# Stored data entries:

// Tells of large input: the outline and the tabulation of a listing of 1,000 statements, the ends of its reports, which need far more room
// than a sheet has, and a trail of 4,094 moves, explained and reviewed.
#![tactic(auto)]

use explanation::told::{Asked, Pair, explain_listing};
use findings::listed::report_listing;
use findings::room::Room;
use flow::choice::Choice;
use listing::numbers::{Fact, Point};
use overview::outline::outline;
use paths::worklist::End;
use progress::portion::{Pace, Portion};
use progress::told::{Tabulation, tabulate_listing};
use review::told::review_listing;
use std::fs;
use text::input::take_listing;

// So many records and so large a page as no listing needs.
const ROOM: Room = Room {
    records: 4_096_000,
    page: 1 << 20,
};

// The outline of a listing, the first and the last line of each report, and its tabulation in portions of 10,000 cells.
fn tell_longest(rt: &HostRuntime) -> anyhow::Result<()> {
    let bytes = take_listing(rt.alloc(), fs::open(rt, "longest.txt")?)?;
    let outline = outline(rt.alloc(), bytes.as_slice())?;
    print!(rt; "{outline}")?;
    let reports = report_listing(rt.alloc(), bytes.as_slice(), ROOM)?;
    for line in reports.as_str().lines() {
        if line.starts_with("p") {
            println!(rt; "{line}")?;
        }
    }
    if let Some(portion) = Portion::new(10_000) {
        let tabulation = Tabulation {
            choice: Choice::Unset,
            pace: Pace {
                portion,
                from: End::Newest,
            },
        };
        let told = tabulate_listing(rt.alloc(), bytes.as_slice(), tabulation)?;
        print!(rt; "{told}")?;
    }
    Ok(())
}

// How many lines a text has, and every 256th of them and the last.
fn tell_some(rt: &HostRuntime, text: &str) -> anyhow::Result<()> {
    let count = text.lines().count();
    println!(rt; "lines {count}")?;
    for (at, line) in text.lines().enumerate() {
        if at % 256 == 0 || at.checked_add(1) == Some(count) {
            println!(rt; "{line}")?;
        }
    }
    Ok(())
}

// The trail of a pair, which its calls make long: as the listing gives it, and as its words do.
fn tell_nested(rt: &HostRuntime) -> anyhow::Result<()> {
    let bytes = take_listing(rt.alloc(), fs::open(rt, "nested.txt")?)?;
    let asked = Asked {
        choice: Choice::Raw,
        pair: Pair {
            point: Point(3),
            fact: Fact(1),
        },
    };
    let told = explain_listing(rt.alloc(), bytes.as_slice(), asked)?;
    tell_some(rt, told.as_str())?;
    let trail = fs::read_to_string(rt, "nested.trail")?;
    let mut words = Vec::new(rt.alloc());
    for word in trail.as_str().lines().skip(1) {
        words.push(u32::from_str_radix(word, 16)?)?;
    }
    let told = review_listing(rt.alloc(), bytes.as_slice(), Choice::Raw, words.as_slice())?;
    tell_some(rt, told.as_str())
}

fn main(rt: HostRuntime) -> anyhow::Result<()> {
    tell_longest(&rt)?;
    tell_nested(&rt)
}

# Assignment:
Every line in the data above has to be retyped exactly.

# Your response:
// Tells of large input: the outline and the tabulation of a listing of 1,000 statements, the ends of its reports, which need far more room
// than a sheet has, and a trail of 4,094 moves, explained and reviewed.
#![tactic(auto)]

use explanation::told::{Asked, Pair, explain_listing};
use findings::listed::report_listing;
use findings::room::Room;
use flow::choice::Choice;
use listing::numbers::{Fact, Point};
use overview::outline::outline;
use paths::worklist::End;
use progress::portion::{Pace, Portion};
use progress::told::{Tabulation, tabulate_listing};
use review::told::review_listing;
use std::fs;
use text::input::take_listing;

// So many records and so large a page as no listing needs.
const ROOM: Room = Room {
    records: 4_096_000,
    page: 1 << 20,
};

// The outline of a listing, the first and the last line of each report, and its tabulation in portions of 10,000 cells.
fn tell_longest(rt: &HostRuntime) -> anyhow::Result<()> {
    let bytes = take_listing(rt.alloc(), fs::open(rt, "longest.txt")?)?;
    let outline = outline(rt.alloc(), bytes.as_slice())?;
    print!(rt; "{outline}")?;
    let reports = report_listing(rt.alloc(), bytes.as_slice(), ROOM)?;
    for line in reports.as_str().lines() {
        if line.starts_with("p") {
            println!(rt; "{line}")?;
        }
    }
    if let Some(portion) = Portion::new(10_000) {
        let tabulation = Tabulation {
            choice: Choice::Unset,
            pace: Pace {
                portion,
                from: End::Newest,
            },
        };
        let told = tabulate_listing(rt.alloc(), bytes.as_slice(), tabulation)?;
        print!(rt; "{told}")?;
    }
    Ok(())
}

// How many lines a text has, and every 256th of them and the last.
fn tell_some(rt: &HostRuntime, text: &str) -> anyhow::Result<()> {
    let count = text.lines().count();
    println!(rt; "lines {count}")?;
    for (at, line) in text.lines().enumerate() {
        if at % 256 == 0 || at.checked_add(1) == Some(count) {
            println!(rt; "{line}")?;
        }
    }
    Ok(())
}

// The trail of a pair, which its calls make long: as the listing gives it, and as its words do.
fn tell_nested(rt: &HostRuntime) -> anyhow::Result<()> {
    let bytes = take_listing(rt.alloc(), fs::open(rt, "nested.txt")?)?;
    let asked = Asked {
        choice: Choice::Raw,
        pair: Pair {
            point: Point(3),
            fact: Fact(1),
        },
    };
    let told = explain_listing(rt.alloc(), bytes.as_slice(), asked)?;
    tell_some(rt, told.as_str())?;
    let trail = fs::read_to_string(rt, "nested.trail")?;
    let mut words = Vec::new(rt.alloc());
    for word in trail.as_str().lines().skip(1) {
        words.push(u32::from_str_radix(word, 16)?)?;
    }
    let told = review_listing(rt.alloc(), bytes.as_slice(), Choice::Raw, words.as_slice())?;
    tell_some(rt, told.as_str())
}

fn main(rt: HostRuntime) -> anyhow::Result<()> {
    tell_longest(&rt)?;
    tell_nested(&rt)
}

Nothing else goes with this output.